What is needed:
Below are the records; give again exactly the line with "Ok(clashes)", the line with "no later one.", and each line that lies between them, and nothing besides.

(Stored items)
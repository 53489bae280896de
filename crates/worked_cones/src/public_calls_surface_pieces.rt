//! The calls of `surface_pieces`, each once with its type. Calls that take or return a borrow are named as they are
//! called.
use matching_equations::Coords;
use skeleton::Skeleton;
use std::alloc::Global;
use surface_pieces::{Pieces, PiecesFault};

#[test]
fn calls_have_their_types(_rt: HostRuntime) {
    let _build: fn(Global, &Skeleton, Coords, &[u128]) -> Result<Pieces, PiecesFault> =
        Pieces::build;
    let _components: fn(&Pieces) -> u32 = Pieces::components;
    let _two_sided: fn(&Pieces, u32) -> bool = Pieces::two_sided;
    let _orientable: fn(&Pieces, u32) -> bool = Pieces::orientable;
}
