ghost use Rattle.std.specs.Prelude.{◌≡◌, ◌<◌, [], ◌∷◌, IfOk};
ghost use Rattle.cone_definitions.specs.WorkedRow.{worked_row};

use crate::sample_cones::is_ray;
use cone_core::{MAX_ENTRY, Ray, SparseRow, System, combine};
use out_of_memory::{Failure, NoMemory};
use ray_decompose::{AddFault, Given, Large, add_up, decompose};
use std::alloc::Global;
use std::test::Fail;
use sum_laws::worked_sums;

fn given(alloc: Global, count: u128, entries: &[u128]) -> Result<Given, Fail>
    ensures { IfOk result (λ given. given.entries.items ≡ entries.now) }
{
    let entries = entries.to_vec(alloc)?;
    Ok(Given { count, entries })
}

#[test]
fn given_terms_add_up(rt: HostRuntime) -> Result<(), Fail> {
    let alloc = rt.alloc();
    let torus = given(alloc, 2, &[1, 1, 0, 0, 1, 0, 0])?;
    let link = given(alloc, 1, &[1, 1, 1, 1, 0, 0, 0])?;
    let terms = [torus, link];
    let x = [3, 3, 1, 1, 2, 0, 0];
    assert!(rt; add_up(&x, 1, &terms).is_ok());
    assert!(rt; matches!(add_up(&x, 2, &terms), Err(AddFault::NotEqual { column: 0 })));
    assert!(rt; matches!(add_up(&x, 0, &terms), Err(AddFault::ZeroTimes)));
    assert!(rt;
        matches!(
            add_up(&x, MAX_ENTRY, &terms),
            Err(AddFault::Large { column: 0 })
        )
    );
    Ok(())
}

// The row x + y - 2 z, over three columns.
fn worked_system(alloc: Global) -> Result<System, NoMemory>
    ensures { IfOk result (λ system. (system.columns ≡ 3) × (system.rows ≡ worked_row ∷ [])) }
{
    let mut system = System::new(alloc, 3);
    system.push_row(SparseRow::new(alloc, &[(0, 1), (1, 1), (2, -2)])?)?;
    Ok(system)
}

// The ray of that row with this column and the last one.
fn worked_ray(alloc: Global, column: u32, entries: &[u128]) -> Result<Ray, Fail>
    requires { column < 3 }
    ensures { IfOk result (λ ray. ray ≡ entries.now) }
{
    let first = Ray::unit(alloc, 3, column)?;
    let last = Ray::unit(alloc, 3, 2)?;
    let ray = combine(alloc, &first, &last, 1, 2, MAX_ENTRY)
        .ok()
        .ok_or("too large")?;
    if ray.entries() != entries {
        return Err(NoMemory)?;
    }
    Ok(ray)
}

// 1 1 1 as a sum of the rays 0 2 1 and 2 0 1.
#[test]
fn a_solution_is_a_sum_of_rays(rt: HostRuntime) -> Result<(), Fail> {
    let alloc = rt.alloc();
    let system = worked_system(alloc)?;
    let rays = [
        worked_ray(alloc, 1, &[0, 2, 1])?,
        worked_ray(alloc, 0, &[2, 0, 1])?,
    ];
    worked_sums();
    let sum = decompose(alloc, &system, &rays, &[1, 1, 1], 2)
        .ok()
        .ok_or("no sum")?;
    assert_eq!(rt; (sum.times, sum.terms.len()), (2, 2));
    for (term, vector) in sum.terms.iter().zip([[0, 2, 1], [2, 0, 1]]) {
        assert_eq!(rt; term.count, 1);
        is_ray(&rt, &term.vector, &vector);
    }
    let large = decompose(alloc, &system, &rays, &[1, 1, 1], 1);
    assert!(rt; matches!(large, Err(Failure::Fault(Large { turn: 0, column: 0 }))));
    Ok(())
}
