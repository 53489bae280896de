//! The calls of `surface_properties`, each once with its type.
use matching_equations::Coords;
use skeleton::Skeleton;
use surface_properties::{Properties, PropertyFault, Sum, properties_of};

#[test]
fn calls_have_their_types(rt: HostRuntime) {
    let _properties_of: fn(&Skeleton, Coords, &[u128]) -> Result<Properties, PropertyFault> =
        properties_of;
    let fault = PropertyFault::Large { sum: Sum::Arcs };
    assert!(rt; matches!(fault, PropertyFault::Large { sum: Sum::Arcs }));
}
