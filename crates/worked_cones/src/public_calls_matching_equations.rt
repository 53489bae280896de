//! The calls of `matching_equations`, each once with its type.
use cone_core::System;
use matching_equations::{Coords, Piece, column, columns, equations};
use out_of_memory::NoMemory;
use skeleton::Skeleton;
use std::alloc::Global;

#[test]
fn calls_have_their_types(_rt: HostRuntime) {
    let _columns: fn(Coords, u32) -> u32 = columns;
    let _column: fn(Coords, u32, Piece) -> Option<u32> = column;
    let _equations: fn(Global, &Skeleton, Coords) -> Result<System, NoMemory> = equations;
}
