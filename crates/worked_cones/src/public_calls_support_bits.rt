//! The calls of `support_bits`, each once with its type. Calls that take or return a borrow are named as they are
//! called.
use out_of_memory::NoMemory;
use std::alloc::Global;
use support_bits::Support;

#[test]
fn calls_have_their_types(_rt: HostRuntime) {
    let _of: fn(Global, &[u128]) -> Result<Support, NoMemory> = Support::of;
    let _columns: fn(&Support) -> u32 = Support::columns;
    let _contains: fn(&Support, u32) -> bool = Support::contains;
    let _same: fn(&Support, &Support) -> bool = Support::same;
    let _inside_union: fn(&Support, &Support, &Support) -> bool = Support::inside_union;
    let _meets: fn(&Support, &Support) -> bool = Support::meets;
}
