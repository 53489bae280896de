//! The clashing pairs of columns.

ghost use Rattle.std.specs.Prelude.{◌≡◌, ℕ, ◌+◌, ◌<◌, ◌≤◌, ◌++◌, false, find, length, OnOk, IfOk, option_map};
ghost use Rattle.table_definitions.specs.Table.{max_tets};
ghost use Rattle.surface_definitions.specs.Coordinates as coordinates;
ghost use Rattle.surface_definitions.specs.Verdict.{both_nonzero};
ghost use Rattle.ray_steps.specs.Clashes.{AreClashes};
ghost use Rattle.quad_condition.specs.Partners.{partners};

use crate::space::Space;
use normal_discs::{columns, columns_each, is_octagon, is_quad_or_octagon, tet_of};
use out_of_memory::NoMemory;
use std::alloc::Global;
use surface_definitions::Coords;

/// Whether columns `first` and `second` clash: both count octagons, or both count quads or octagons of one tetrahedron.
fn do_clash(coords: Coords, first: u32, second: u32) -> bool
    ensures { result ≡ coordinates.clash_test coords first second }
{
    if is_octagon(coords, first) && is_octagon(coords, second) {
        return true;
    }
    tet_of(coords, first) == tet_of(coords, second)
        && is_quad_or_octagon(coords, first)
        && is_quad_or_octagon(coords, second)
}

/// An end of the columns of `space` after `first` that it may clash with: those of its tetrahedron, or all columns for
/// an octagon.
fn partners_end(space: Space, first: u32) -> u32
    requires { first < coordinates.columns space.coords space.tets }
    ensures above { first + 1 ≤ result }
    ensures within { result ≤ coordinates.columns space.coords space.tets }
    ensures beyond { (k : ℕ) → result ≤ k → k < coordinates.columns space.coords space.tets
        → coordinates.clash_test space.coords first k ≡ false }
{
    if is_octagon(space.coords, first) {
        columns(space.coords, space.tets)
    } else {
        let each = columns_each(space.coords);
        (first / each + 1) * each
    }
}

/// Appends the pairs of `first` with each later column of `space` that it clashes with.
fn push_partners(space: Space, first: u32, clashes: &mut Vec<(u32, u32)>) -> Result<(), NoMemory>
    requires { first < coordinates.columns space.coords space.tets }
    ensures { OnOk result (clashes.new.items ≡ clashes.old.items ++ partners space.coords space.tets first) }
{
    for second in first + 1..partners_end(space, first) {
        if do_clash(space.coords, first, second) {
            clashes.push((first, second))?;
        }
    }
    Ok(())
}

/// All clashing pairs of columns for `tets` tetrahedra, the smaller column first, in lexicographic order.
pub fn clash_list(alloc: Global, coords: Coords, tets: u32) -> Result<Vec<(u32, u32)>, NoMemory>
    requires { tets ≤ max_tets }
    ensures pairs { IfOk result (λ clashes. clashes.items ≡ coordinates.clash_list coords tets) }
    ensures separate { IfOk result (λ clashes. AreClashes (coordinates.columns coords tets) clashes.items) }
{
    let mut clashes = Vec::new(alloc);
    for first in 0..columns(coords, tets) {
        push_partners(Space { coords, tets }, first, &mut clashes)?;
    }
    Ok(clashes)
}

/// The first column after `first` at which `x`, a vector of `space`, is nonzero and that clashes with `first`. `None`
/// if there is none, also if `x` is 0 at `first`.
fn first_clashing(space: Space, x: &[u128], first: u32) -> Option<u32>
    requires width { length x.now ≡ coordinates.columns space.coords space.tets }
    requires in_range { first < length x.now }
    ensures { option_map (λ second. (first, second)) result
        ≡ find (both_nonzero x.now) (partners space.coords space.tets first) }
{
    if x[first as usize] == 0 {
        return None;
    }
    for second in first + 1..partners_end(space, first) {
        if x[second as usize] != 0 && do_clash(space.coords, first, second) {
            return Some(second);
        }
    }
    None
}

/// The first clashing pair, in lexicographic order, whose two entries in `x` are nonzero. Reads the octagons of other
/// tetrahedra only for the first nonzero octagon: if that clashes with none, there is no later one.
pub fn first_clash(coords: Coords, tets: u32, x: &[u128]) -> Option<(u32, u32)>
    requires tets { tets ≤ max_tets }
    requires width { length x.now ≡ coordinates.columns coords tets }
    ensures { result ≡ find (both_nonzero x.now) (coordinates.clash_list coords tets) }
{
    for first in 0..columns(coords, tets) {
        if let Some(second) = first_clashing(Space { coords, tets }, x, first) {
            return Some((first, second));
        }
    }
    None
}
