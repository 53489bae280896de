use crate::sample_cones::is_ray;
use cone_core::{
    CombineFault, ConeFault, MAX_ENTRY, PackedRay, Passed, Ray, SolutionFault, SparseRow, System,
    combine, compare, gcd, is_solution, read_cone,
};
use std::cmp::Ordering;
use std::test::Fail;
use text_io::{LexKind, Lexer};

#[test]
fn divides(rt: HostRuntime) {
    for (a, b, divisor) in [(0, 0, 0), (MAX_ENTRY, 0, MAX_ENTRY), (12, 18, 6), (5, 7, 1)] {
        assert_eq!(rt; gcd(a, b), divisor);
    }
    for (a, b, divisor) in [
        (18446744073709551615, 18446744073709551616, 1),
        (
            18446744073709551616,
            55340232221128654848,
            18446744073709551616,
        ),
        (
            110680464442257309690,
            73786976294838206460,
            36893488147419103230,
        ),
    ] {
        assert_eq!(rt; gcd(a, b), divisor);
    }
}

#[test]
fn compares_rays(rt: HostRuntime) -> Result<(), Fail> {
    let alloc = rt.alloc();
    let one = Ray::unit(alloc, 2, 0)?;
    let other = Ray::unit(alloc, 2, 1)?;
    let longer = Ray::unit(alloc, 3, 0)?;
    let steep = combine(alloc, &one, &other, 1, 18446744073709551616, MAX_ENTRY)
        .ok()
        .ok_or("too large")?;
    is_ray(&rt, &steep, &[18446744073709551616, 1]);
    assert_eq!(rt; one.compare(&other), Ordering::Greater);
    assert_eq!(rt; one.compare(&longer), Ordering::Less);
    assert_eq!(rt; one.compare(&steep), Ordering::Less);
    assert_eq!(rt; steep.compare(&other), Ordering::Greater);
    assert_eq!(rt; steep.compare(&steep), Ordering::Equal);
    assert_eq!(rt; compare(&[1, 0], &[1, 0, 0]), Ordering::Less);
    Ok(())
}

#[test]
fn raises_rays(rt: HostRuntime) -> Result<(), Fail> {
    let alloc = rt.alloc();
    let small = PackedRay::unit(alloc, 3, 0)?.with_new_entry(alloc, 1, 18446744073709551615)?;
    is_ray(&rt, &small.to_ray(alloc)?, &[1, 18446744073709551615, 0]);
    let large = PackedRay::unit(alloc, 3, 0)?.with_new_entry(alloc, 1, MAX_ENTRY)?;
    is_ray(&rt, &large.to_ray(alloc)?, &[1, MAX_ENTRY, 0]);
    let larger = large.with_new_entry(alloc, 2, 7)?;
    is_ray(&rt, &larger.into_ray(alloc)?, &[1, MAX_ENTRY, 7]);
    Ok(())
}

#[test]
fn combines_rays(rt: HostRuntime) -> Result<(), Fail> {
    let alloc = rt.alloc();
    let first = Ray::unit(alloc, 3, 0)?;
    let second = Ray::unit(alloc, 3, 1)?;
    let third = Ray::unit(alloc, 3, 2)?;
    let Ok(two) = combine(alloc, &first, &second, 1, 2, MAX_ENTRY) else {
        panic!(rt; "too large");
    };
    let Ok(four) = combine(alloc, &two, &third, 1, 2, 4) else {
        panic!(rt; "too large");
    };
    let passed = combine(alloc, &two, &third, 1, 2, 3);
    assert!(rt; matches!(passed, Err(CombineFault::Passed { column: 0 })));
    is_ray(&rt, &two, &[2, 1, 0]);
    is_ray(&rt, &four.copy(alloc)?, &[4, 2, 1]);
    Ok(())
}

#[test]
fn takes_common_divisors_out(rt: HostRuntime) -> Result<(), Fail> {
    let alloc = rt.alloc();
    let one = Ray::unit(alloc, 2, 0)?;
    let other = Ray::unit(alloc, 2, 1)?;
    let Ok(steep) = combine(alloc, &one, &other, 2, 1, 2) else {
        panic!(rt; "too large");
    };
    let Ok(reduced) = combine(alloc, &one, &steep, 1, 1, 2) else {
        panic!(rt; "too large");
    };
    is_ray(&rt, &steep, &[1, 2]);
    is_ray(&rt, &reduced, &[1, 1]);
    Ok(())
}

#[test]
fn combines_rays_exceeding_64_bits(rt: HostRuntime) -> Result<(), Fail> {
    let alloc = rt.alloc();
    let one = Ray::unit(alloc, 2, 0)?;
    let other = Ray::unit(alloc, 2, 1)?;
    let (below, exceeded) = (18446744073709551615, 18446744073709551616);
    let large = combine(alloc, &one, &other, below, exceeded, MAX_ENTRY)
        .ok()
        .ok_or("too large")?;
    is_ray(&rt, &large, &[exceeded, below]);
    let passed = combine(alloc, &one, &other, exceeded, below, below);
    assert!(rt; matches!(passed, Err(CombineFault::Passed { column: 1 })));
    let (first, second) = (1180591620717411303423, 5902958103587056517120);
    let steep = combine(alloc, &one, &other, second, first, MAX_ENTRY)
        .ok()
        .ok_or("too large")?;
    is_ray(&rt, &steep, &[first, second]);
    let reduced = combine(alloc, &one, &steep, 1, 1, MAX_ENTRY)
        .ok()
        .ok_or("too large")?;
    is_ray(&rt, &reduced, &[1, 5]);
    Ok(())
}

#[test]
fn rows_are_kept(rt: HostRuntime) -> Result<(), Fail> {
    let alloc = rt.alloc();
    let nine = [
        (0, 1),
        (1, -1),
        (2, 2),
        (3, -3),
        (4, 5),
        (5, -8),
        (6, 13),
        (7, -21),
        (9, 34),
    ];
    let mut system = System::new(alloc, 10);
    assert_eq!(rt; system.columns(), 10);
    assert_eq!(rt; system.len(), 0);
    system.push_row(SparseRow::new(alloc, &[(0, 2), (1, -1)])?)?;
    system.push_row(SparseRow::new(alloc, &nine)?)?;
    assert_eq!(rt; system.len(), 2);
    assert_eq!(rt; system.row(0).entries(), [(0, 2), (1, -1)].as_slice());
    assert_eq!(rt; system.row(1).entries(), nine.as_slice());
    Ok(())
}

#[test]
fn reads_cones(rt: HostRuntime) -> Result<(), Fail> {
    let alloc = rt.alloc();
    let mut lexer = Lexer::new(b"cone 3 2\n1 -2 0\n0 0 0");
    assert!(rt; lexer.next_line());
    let system = read_cone(alloc, &mut lexer).ok().ok_or("no cone")?;
    assert_eq!(rt; system.columns(), 3);
    assert_eq!(rt; system.len(), 2);
    assert_eq!(rt; system.row(0).entries(), [(0, 1), (1, -2)].as_slice());
    assert_eq!(rt; system.row(1).entries().len(), 0);
    assert!(rt; is_solution(&system, &[2, 1, 5]).is_ok());
    let other = is_solution(&system, &[1, 1, 0]);
    assert!(rt; matches!(other, Err(SolutionFault::NotZero { row: 0 })));
    let large = is_solution(&system, &[0, MAX_ENTRY, 0]);
    assert!(rt; matches!(large, Err(SolutionFault::Passed { row: 0 })));
    let mut lexer = Lexer::new(b"cone 0 3");
    assert!(rt; lexer.next_line());
    let rows = read_cone(alloc, &mut lexer).ok().ok_or("no cone")?;
    assert_eq!(rt; rows.len(), 3);
    let mut lexer = Lexer::new(b"cone 1 1\n1000001");
    assert!(rt; lexer.next_line());
    match read_cone(alloc, &mut lexer) {
        Err(ConeFault::Lex(fault)) => {
            let reported = (fault.place.line, fault.place.column, fault.kind);
            assert!(rt; reported == (2, 1, LexKind::NumberTooWide));
        }
        _ => panic!(rt; "a fault was expected"),
    }
    Ok(())
}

Completed task:
    Ok(clashes)
}

/// The first column after `first` at which `x`, a vector of `space`, is nonzero and that clashes with `first`. `None`
/// if there is none, also if `x` is 0 at `first`.
fn first_clashing(space: Space, x: &[u128], first: u32) -> Option<u32>
    requires width { length x.now ≡ coordinates.columns space.coords space.tets }
    requires in_range { first < length x.now }
    ensures { option_map (λ second. (first, second)) result
        ≡ find (both_nonzero x.now) (partners space.coords space.tets first) }
{
    if x[first as usize] == 0 {
        return None;
    }
    for second in first + 1..partners_end(space, first) {
        if x[second as usize] != 0 && do_clash(space.coords, first, second) {
            return Some(second);
        }
    }
    None
}

/// The first clashing pair, in lexicographic order, whose two entries in `x` are nonzero. Reads the octagons of other
/// tetrahedra only for the first nonzero octagon: if that clashes with none, there is no later one.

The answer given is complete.